//! Silences as instances exchange them.

ghost use Rattle.std.specs.Prelude.{◌≡◌, ◌+◌, ◌^◌, ◌<◌, ◌≤◌, length, IsTrue, Err, IfOk, IfErr, IfSome, false, ◌⊎◌, ◌↔◌};
ghost use Rattle.am_wire.specs.Limits.{most};
ghost use Rattle.am_wire.specs.declared.error.WireError.TheVariants as errors;
ghost use Rattle.am_version_order.specs.Moments.{greatest};
ghost use Rattle.am_wire.specs.Sizes.{counted};
ghost use Rattle.am_silence.specs.Silences.{writes_silence};
ghost use Rattle.am_wire.specs.Reading.{GivesUnlessMemory};
ghost use Rattle.am_silence.specs.MeshTable.{reads_mesh_silence};
ghost use Rattle.am_wire.specs.Unknown.{IsUnknown, none};
ghost use Rattle.am_silence.specs.Mesh.{IsMesh, plain_version, silence_numbers, version_with, without_unknown, writes_mesh_silence, bucket_of};
ghost use Rattle.am_silence.specs.States.{state_of, is_expired};

use crate::canonical::{CanonicalSilence, read_version};
use crate::iter::{HasMatchers, MatcherIter};
use crate::offsets::{Offsets, write_silence};
use crate::silence::{Silence, SilenceDraft};
use crate::sizes::{SilenceFields, UnknownParts, version_size};
use crate::state::{State, state_between};
use am_version_order::{Moment, Version, head_of_text};
use am_wire::reading::{Expiring, ExpiringDraft, Offset, read_message};
use am_wire::writing::{append_text, expiring_size, write_message, write_prefix};
use am_wire::{MOST_MESSAGE_BYTES, Message, Text, Unknown, UnknownFields, WireError};
use std::alloc::{AllocError, Global};
use std::marker::Model;

/// The numbers of a silence's known fields.
pub const KNOWN_FIELDS: [u32; 8] = [1, 2, 3, 4, 5, 7, 8, 9];

/// A version of a silence: the silence, the moment from which it may be forgotten, and the fields that a reader kept without
/// knowing them.
///
/// A version is stored as its canonical encoding, with the identifier and the moments beside it, and the places of the other
/// parts in the text, from which they are read when they are needed.
pub struct MeshSilence {
    id: Text,
    starts_at: Moment,
    ends_at: Moment,
    updated_at: Moment,
    expires_at: Moment,
    places: Offsets,
    canonical: Vec<u8>,
}

// With this the crates above cite one drop, and don't prove those of everything inside.
impl Drop for MeshSilence {
    fn drop(self) {
        let MeshSilence {
            id: _,
            starts_at: _,
            ends_at: _,
            updated_at: _,
            expires_at: _,
            places: _,
            canonical: _,
        } = self;
    }
}

impl Model for MeshSilence {
    ghost use Rattle.std.specs.Prelude.{◌≡◌};
    ghost use Rattle.am_silence.specs.Mesh.{Mesh, IsMesh, writes_mesh_silence};
    ghost use Rattle.am_silence.specs.Offsets.{StandIn};
    ghost use Rattle.am_silence.specs.Spelled.{version_in};

    ghost Value = { Mesh };

    ghost view = { λ m. version_in m.canonical.items };

    ghost invariant = { λ m. record {
      canonical : m.canonical.items ≡ writes_mesh_silence (version_in m.canonical.items);
      value : IsMesh (version_in m.canonical.items);
      id : m.id ≡ (version_in m.canonical.items).silence.id;
      starts_at : m.starts_at ≡ (version_in m.canonical.items).silence.starts_at;
      ends_at : m.ends_at ≡ (version_in m.canonical.items).silence.ends_at;
      updated_at : m.updated_at ≡ (version_in m.canonical.items).silence.updated_at;
      expires_at : m.expires_at ≡ (version_in m.canonical.items).expires_at;
      places : StandIn (version_in m.canonical.items).silence m.places m.canonical.items;
    } };
}

impl MeshSilence {
    /// Returns a version of these parts, without unknown fields.
    ///
    /// # Errors
    ///
    /// [`WireError::TooLarge`] if and only if its canonical encoding has more than 67,108,864 bytes, and [`WireError::Memory`]
    /// if memory runs out.
    pub fn new(
        alloc: Global,
        silence: Silence,
        expires_at: Moment,
    ) -> Result<MeshSilence, WireError>
        ensures parts { IfOk result (λ m. m ≡ plain_version silence expires_at) }
        ensures value { IfOk result IsMesh }
        ensures within { IfOk result (λ m. length (writes_mesh_silence m) ≤ most) }
        ensures too_large { (result ≡ Err errors.TooLarge) ↔
            (most < length (writes_mesh_silence (plain_version silence expires_at))) }
        ensures refused { IfErr result (λ e. (e ≡ errors.Memory) ⊎ (e ≡ errors.TooLarge)) }
    {
        MeshSilence::of_fields(alloc, &silence.fields(), expires_at, &UnknownParts::none())
    }

    // Returns a version of these fields, with unknown ones, as `new` does.
    pub(crate) fn of_fields(
        alloc: Global,
        fields: &SilenceFields<'_, MatcherIter<'_>>,
        expires_at: Moment,
        unknown: &UnknownParts<'_>,
    ) -> Result<MeshSilence, WireError>
        requires { IsUnknown silence_numbers unknown.now }
        ensures parts { IfOk result (λ m. m ≡ version_with unknown.now fields.now expires_at) }
        ensures value { IfOk result IsMesh }
        ensures within { IfOk result (λ m. length (writes_mesh_silence m) ≤ most) }
        ensures too_large { (result ≡ Err errors.TooLarge) ↔
            (most < length (writes_mesh_silence (version_with unknown.now fields.now expires_at))) }
        ensures refused { IfErr result (λ e. (e ≡ errors.Memory) ⊎ (e ≡ errors.TooLarge)) }
    {
        let size = fields.size();
        if version_size(size, expires_at, unknown) > MOST_MESSAGE_BYTES {
            return Err(WireError::TooLarge);
        }
        let version = MeshSilence::of_sized(alloc, fields, size, expires_at, unknown)?;
        Ok(version)
    }

    // Returns a version of these fields, whose silence has `size` bytes, with unknown fields, whatever the length of its text.
    #[tactic(auto, unfolding(crate::specs::Mesh::writes_mesh_silence))]
    fn of_sized<M: HasMatchers>(
        alloc: Global,
        fields: &SilenceFields<'_, M>,
        size: u64,
        expires_at: Moment,
        unknown: &UnknownParts<'_>,
    ) -> Result<MeshSilence, AllocError>
        requires size { size ≡ counted (length (writes_silence fields.now)) }
        requires unknown { IsUnknown silence_numbers unknown.now }
        ensures { IfOk result (λ m. m ≡ version_with unknown.now fields.now expires_at) }
    {
        let room = version_size(size, expires_at, unknown);
        let mut canonical = Vec::with_capacity(alloc, room as usize)?;
        let size = size.saturating_add(unknown.inner.len() as u64);
        write_prefix(&mut canonical, 1, size)?;
        let places = write_silence(&mut canonical, fields)?;
        canonical.extend_from_slice(unknown.inner)?;
        write_message(&mut canonical, 2, &expires_at)?;
        canonical.extend_from_slice(unknown.outer)?;
        Ok(MeshSilence {
            id: Text::copied(alloc, fields.id)?,
            starts_at: fields.starts_at,
            ends_at: fields.ends_at,
            updated_at: fields.updated_at,
            expires_at,
            places,
            canonical,
        })
    }

    // Returns the version that a text spells if it is canonical and has no unknown fields, and `None` otherwise.
    fn of_canonical(alloc: Global, text: &[u8]) -> Result<Option<MeshSilence>, AllocError>
        ensures text { IfOk result (λ found. IfSome found (λ m. text.now ≡ writes_mesh_silence m)) }
        ensures value { IfOk result (λ found. IfSome found IsMesh) }
        ensures plain { IfOk result (λ found. IfSome found (λ m. without_unknown m ≡ m)) }
    {
        let Some(version) = read_version(text) else {
            return Ok(None);
        };
        let CanonicalSilence {
            fields,
            expires_at,
            places,
        } = version;
        Ok(Some(MeshSilence {
            id: Text::copied(alloc, fields.id)?,
            starts_at: fields.starts_at,
            ends_at: fields.ends_at,
            updated_at: fields.updated_at,
            expires_at,
            places,
            canonical: Vec::from_slice(alloc, text)?,
        }))
    }

    // Returns the version that a text spells in any way; its canonical encoding is written anew.
    #[tactic(auto, unfolding(crate::specs::MeshTable::reads_mesh_silence))]
    fn of_spelling(
        alloc: Global,
        unknown: Unknown,
        bytes: &[u8],
        at: usize,
    ) -> Result<MeshSilence, WireError>
        requires { at + length bytes.now < 2 ^ 64 }
        ensures { GivesUnlessMemory result (reads_mesh_silence unknown at bytes.now) }
    {
        let Expiring {
            message: fields,
            expires_at,
        } = read_message::<ExpiringDraft<SilenceDraft>>(alloc, bytes, at, at)?;
        let unknown = UnknownFields::of(alloc, unknown, &KNOWN_FIELDS, bytes, at)?;
        let size = fields.size();
        let unknown = UnknownParts::of(&unknown);
        let version = MeshSilence::of_sized(alloc, &fields, size, expires_at, &unknown)?;
        Ok(version)
    }

    /// Returns the fields of the silence.
    pub(crate) fn fields(&self) -> SilenceFields<'_, MatcherIter<'_>>
        ensures { result ≡ self.now.silence }
    {
        SilenceFields {
            id: self.id.as_str(),
            matchers: self.matchers(),
            starts_at: self.starts_at,
            ends_at: self.ends_at,
            updated_at: self.updated_at,
            created_by: self.created_by(),
            comment: self.comment(),
        }
    }

    /// Returns an iterator over the matchers of the silence, in their order.
    pub fn matchers(&self) -> MatcherIter<'_>
        ensures { result ≡ self.now.silence.matchers }
    {
        let places = self.places;
        MatcherIter::over(&self.canonical[places.matchers..places.matchers_end])
    }

    /// Returns the moment from which the silence is active.
    pub fn starts_at(&self) -> Moment
        ensures { result ≡ self.now.silence.starts_at }
    {
        self.starts_at
    }

    /// Returns the moment from which the silence has expired.
    pub fn ends_at(&self) -> Moment
        ensures { result ≡ self.now.silence.ends_at }
    {
        self.ends_at
    }

    /// Returns the moment of the last change, by which versions replace each other.
    pub fn updated_at(&self) -> Moment
        ensures { result ≡ self.now.silence.updated_at }
    {
        self.updated_at
    }

    /// Returns who made the silence.
    pub fn created_by(&self) -> &str
        ensures { result.now ≡ self.now.silence.created_by }
    {
        self.places.created_by.text_of(&self.canonical)
    }

    /// Returns why the silence was made.
    pub fn comment(&self) -> &str
        ensures { result.now ≡ self.now.silence.comment }
    {
        self.places.comment.text_of(&self.canonical)
    }

    /// Returns the state of the silence at a moment: at the last one all silences have expired. Nothing is allocated.
    pub fn state_at(&self, now: Moment) -> State
        ensures state { result ≡ state_of self.now.silence now }
        ensures last { is_expired result ≡ false → now < greatest }
    {
        state_between(self.starts_at, self.ends_at, now)
    }

    /// Returns whether the version has no fields that its reader kept without knowing them. Nothing is allocated.
    pub fn is_plain(&self) -> bool
        ensures { IsTrue result ↔ (self.now.unknown ≡ none) }
    {
        let unknown = self.unknown();
        unknown.inner.is_empty() && unknown.outer.is_empty()
    }

    /// Returns the fields that its reader kept without knowing them, which are in its text behind the silence and at the end.
    /// Nothing is allocated.
    pub(crate) fn unknown(&self) -> UnknownParts<'_>
        ensures is { result ≡ self.now.unknown }
        ensures unknown { IsUnknown silence_numbers result }
    {
        let text = self.canonical.as_slice();
        let payload = Offset { start: 1 }.part_of(text);
        let known = self.fields().size();
        let both = expiring_size(payload.len() as u64, self.expires_at);
        let (_, inner) = payload.split_at(known as usize);
        let (_, outer) = text.split_at(both as usize);
        UnknownParts { inner, outer }
    }

    /// Returns the moment from which the version may be forgotten.
    pub fn expires_at(&self) -> Moment
        ensures { result ≡ self.now.expires_at }
    {
        self.expires_at
    }
}

impl Message for MeshSilence {
    ghost use Rattle.std.specs.Prelude.{refl};
    ghost use Rattle.am_silence.specs.Mesh.{IsMesh, without_unknown};
    ghost use Rattle.am_silence.specs.MeshTable.{reads_mesh_silence};
    ghost use Rattle.am_silence.specs.RoundTrip.{mesh_again, mesh_dropped};

    ghost is_value = { IsMesh };

    ghost writes = { writes_mesh_silence };

    ghost plain = { without_unknown };

    ghost reads = { reads_mesh_silence };

    ghost round_trip = { mesh_again };

    ghost dropped = { mesh_dropped };

    ghost plain_again = { λ m. refl };

    fn size(&self) -> u64 {
        self.canonical().len() as u64
    }

    fn write(&self, out: &mut Vec<u8>) -> Result<(), AllocError> {
        out.extend_from_slice(self.canonical())
    }

    fn encode(&self, out: &mut Vec<u8>) -> Result<(), WireError> {
        append_text(out, self.canonical())
    }

    fn decode_at(
        alloc: Global,
        unknown: Unknown,
        bytes: &[u8],
        at: usize,
    ) -> Result<MeshSilence, WireError> {
        match MeshSilence::of_canonical(alloc, bytes)? {
            Some(version) => Ok(version),
            None => MeshSilence::of_spelling(alloc, unknown, bytes, at),
        }
    }
}

impl Version for MeshSilence {
    ghost use Rattle.am_version_order.specs.Heads.{head_of_text};
    ghost use Rattle.am_version_order.proofs.Weights.{text_heads};
    ghost use Rattle.std.proofs.lemmas.Map.Lookups.{exact_bytes};
    ghost use Rattle.am_silence.specs.Mesh.{IsMesh, mesh_version};
    ghost use Rattle.am_silence.specs.RoundTrip.{mesh_exact};

    type Key = Text;

    ghost seen = { mesh_version };

    ghost bucket_of = { λ m. bucket_of m.silence.matchers };

    ghost head_of = { head_of_text };

    ghost is_value = { IsMesh };

    fn key(&self) -> &Text {
        &self.id
    }

    fn head(id: &Text) -> u64 {
        head_of_text(id.as_str().as_bytes())
    }

    fn try_key(&self, alloc: Global) -> Result<Text, AllocError> {
        self.id.try_clone(alloc)
    }

    fn updated(&self) -> Moment {
        self.updated_at
    }

    fn expires(&self) -> Moment {
        self.expires_at
    }

    fn canonical(&self) -> &[u8] {
        self.canonical.as_slice()
    }

    fn bucket(&self) -> &[u8] {
        self.places.bucket.part_of(self.canonical.as_slice())
    }

    fn try_clone(&self, alloc: Global) -> Result<MeshSilence, AllocError> {
        Ok(MeshSilence {
            id: self.id.try_clone(alloc)?,
            starts_at: self.starts_at,
            ends_at: self.ends_at,
            updated_at: self.updated_at,
            expires_at: self.expires_at,
            places: self.places,
            canonical: self.canonical.clone()?,
        })
    }

    ghost exact_keys = { exact_bytes };

    ghost heads = { text_heads };

    ghost exact = { mesh_exact };
}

**Prompt:**
The reply must be a number and nothing more: the count of lines above that contain the word "StandIn".

**Response to this task:**
2